Eisenstein made clear that she was not “in any way” opposed to saving prematurely born babies. Her point was simply that arguments from people like Hoover are often “twisted around and manipulated to make it seem much more decisive and much less complex than it really is.”

Eisenstein also emphasized that when it came to considering policy it was necessary to “keep in mind the long history of abortion, how it’s always been a thing… and when that right is taken away” there are always negative consequences, including back-alley botched abortions.

Sherry Huang, a post-baccalaureate student, agreed that, taking into account the rights of the mother, the question “can be tricky.”  “These two lives,” she said, “are connected – the life of the baby and the life of the mother… but I do not think it is an option to kill someone to make someone else’s life better.” She illustrated her point with the hypothetical scenario in which two adults might be connected in such a way that the quality of life of the one was negatively affected by the presence of the other. It would be wrong, she argued, to actively kill one conjoined twin for the mere convenience of her sister.

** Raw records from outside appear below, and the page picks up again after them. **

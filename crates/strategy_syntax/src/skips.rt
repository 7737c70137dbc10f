//! How many of the first alternatives of a choice can't match a term, by the class of its root and of
//! one child.

ghost use Rattle.std.specs.Prelude.{◌≡◌, ◌≢◌, ◌+◌, ◌⊎◌, ℕ, get_or, Some, IfSome};
ghost use Rattle.std.specs.declared.option.Option.{Option as OptionOf};
ghost use Rattle.strategy_syntax.specs.Resolved.{ResolvedStrategy as Resolving, scope, seq, matches, guard};
ghost use Rattle.strategy_syntax.specs.ResolvedView.{resolved_of};
ghost use Rattle.strategy_syntax.specs.Apart.{AreApart, pattern_class};
ghost use Rattle.strategy_syntax.specs.inside.Skipping.{count_of, Skipping};

use crate::classes::{CLASSES, class_of_pattern, is_apart, telling_child};
use crate::{ResolvedForm, ResolvedPattern, ResolvedStrategy};

/// What tells the first alternatives of a choice apart, of which the first is a rule.
#[derive(Clone, Copy)]
pub(crate) struct Skips {
    /// The class of the rule's root.
    root: u8,
    /// The child that is asked of terms with such a root. If there is none, all terms are asked for
    /// their root alone.
    child: Option<usize>,
    /// How many alternatives are skipped for a term with another root, where the child is asked.
    others: u8,
    /// How many are skipped for each class of the child or the root that is asked.
    counts: [u8; CLASSES],
}

impl Skips {
    /// The child to ask of terms whose root has this class.
    #[inline(always)]
    pub(crate) fn child_to_ask(&self, root: u8) -> Option<usize> {
        if root == self.root { self.child } else { None }
    }

    /// How many alternatives are skipped for a term of these classes.
    #[inline(always)]
    pub(crate) fn count(&self, root: u8, child: Option<(usize, u8)>) -> u8
        ensures { result ≡ count_of self.now root child }
    {
        let Some(asked) = self.child else {
            return self.at(root);
        };
        if root != self.root {
            return self.others;
        }
        match child {
            Some((i, class)) => { if i == asked { self.at(class) } else { 0 } }
            None => 0,
        }
    }

    #[inline(always)]
    fn at(&self, class: u8) -> u8
        ensures { result ≡ get_or self.now.counts class 0 }
    {
        match self.counts.get(class as usize) {
            Some(count) => *count,
            None => 0,
        }
    }

    /// How many alternatives are skipped for every term whose root has another class than this one.
    pub(crate) fn count_for_others(&self, root: u8) -> u8
        ensures { (r : ℕ) (c : OptionOf (ℕ × ℕ)) → r ≢ root → (result ≡ count_of self.now r c) ⊎ (result ≡ 0) }
    {
        if self.child.is_some() && self.root == root {
            self.others
        } else {
            0
        }
    }
}

/// The left side, if the strategy is a rule with variables of its own, or any match in their scope
/// followed by a strategy.
#[inline(always)]
pub fn left_side(strategy: &ResolvedStrategy) -> Option<&ResolvedPattern>
    ensures { IfSome result (λ pattern. (n : ℕ) × (then : Resolving)
        × (strategy.now ≡ scope n (seq (matches pattern.now) then))) }
{
    let ResolvedForm::Scope(_, inner) = strategy.form() else {
        return None;
    };
    let ResolvedForm::Seq(parts) = inner.form() else {
        return None;
    };
    match parts.0.form() {
        ResolvedForm::Match(pattern) => Some(pattern),
        _ => None,
    }
}

/// The skips of a form, if it is a choice whose first two alternatives are rules with a root each.
pub(crate) fn skips_in(form: &ResolvedForm) -> Option<Skips>
    ensures { IfSome result (λ k. Skipping k (resolved_of form.now)) }
{
    let ResolvedForm::Guard(parts) = form else {
        return None;
    };
    skips_of(&parts.0, &parts.2)
}

// The skips of a choice between a strategy and others.
fn skips_of(first: &ResolvedStrategy, other: &ResolvedStrategy) -> Option<Skips>
    ensures { IfSome result (λ k. (second : Resolving) → Skipping k (guard first.now second other.now)) }
{
    let pattern = left_side(first)?;
    let root = class_of_pattern(pattern)?;
    let ResolvedForm::Guard(parts) = other.form() else {
        return None;
    };
    let next = left_side(&parts.0)?;
    if class_of_pattern(next)? != root {
        return Some(told_by_root(pattern, root, other));
    }
    // without a child that tells them apart, a table would only cost time
    let i = telling_child(pattern, next, other.child_to_ask(root))?;
    Some(told_by_child(pattern, root, i, other))
}

// The skips by roots alone.
fn told_by_root(pattern: &ResolvedPattern, root: u8, other: &ResolvedStrategy) -> Skips
    ensures { (n : ℕ) (then second : Resolving) → Skipping result (guard (scope n (seq (matches pattern.now) then)) second other.now) }
{
    let mut counts = [0; CLASSES];
    for i in 0..CLASSES {
        counts[i] = past(pattern, i as u8, None, other);
    }
    Skips {
        root,
        child: None,
        others: 0,
        counts,
    }
}

// The skips by the roots of a child, for terms with this root.
fn told_by_child(
    pattern: &ResolvedPattern,
    root: u8,
    child: usize,
    other: &ResolvedStrategy,
) -> Skips
    requires { pattern_class pattern.now ≡ Some root }
    ensures { (n : ℕ) (then second : Resolving) → Skipping result (guard (scope n (seq (matches pattern.now) then)) second other.now) }
{
    let mut counts = [0; CLASSES];
    for i in 0..CLASSES {
        counts[i] = past(pattern, root, Some((child, i as u8)), other);
    }
    Skips {
        root,
        child: Some(child),
        others: one_more(other.skipped_for_others(root)),
        counts,
    }
}

// How many alternatives terms of these classes can't match, if the first one has this left side.
fn past(
    pattern: &ResolvedPattern,
    root: u8,
    child: Option<(usize, u8)>,
    other: &ResolvedStrategy,
) -> u8
    ensures { (n : ℕ) (then second : Resolving) → AreApart result (guard (scope n (seq (matches pattern.now) then)) second other.now) root child }
{
    if !is_apart(pattern, root, child) {
        return 0;
    }
    one_more(other.skipped(root, child))
}

// One more than these, or the first one alone if there are too many to count.
fn one_more(count: u8) -> u8
    ensures { (result ≡ count + 1) ⊎ (result ≡ 1) }
{
    match count.checked_add(1) {
        Some(more) => more,
        None => 1,
    }
}
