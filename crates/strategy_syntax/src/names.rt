//! Lists of names.

ghost use Rattle.std.specs.Prelude.{◌≡◌, ◌↔◌, IsTrue};

use term_core::Name;

/// Whether the two lists are equal.
pub fn same_names(names: &[Name], others: &[Name]) -> bool
    ensures { IsTrue result ↔ (names.now ≡ others.now) }
{
    if names.len() != others.len() {
        return false;
    }
    for (name, other) in names.iter().zip(others) {
        if !name.equals(other) {
            return false;
        }
    }
    true
}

Based on her premise that personhood begins at conception, Huang argued that abortion was only reasonable if the baby “does very bad harm to the mother’s body.”  In that case, Ms. Huang argued, “getting an abortion” could be seen as necessary – almost like “self-defense.” Huang thought that a Penn for Life group on campus would be “a good idea.”

Eisenstein remained more skeptical: “If you’re going to have a pro-life club – especially with a bunch of adolescent men – go ahead and sit in a room and decide not to have abortions, but don’t try to enact legislation or try to impose your ideas on women who are actually going through the experience that you will never have to go through.”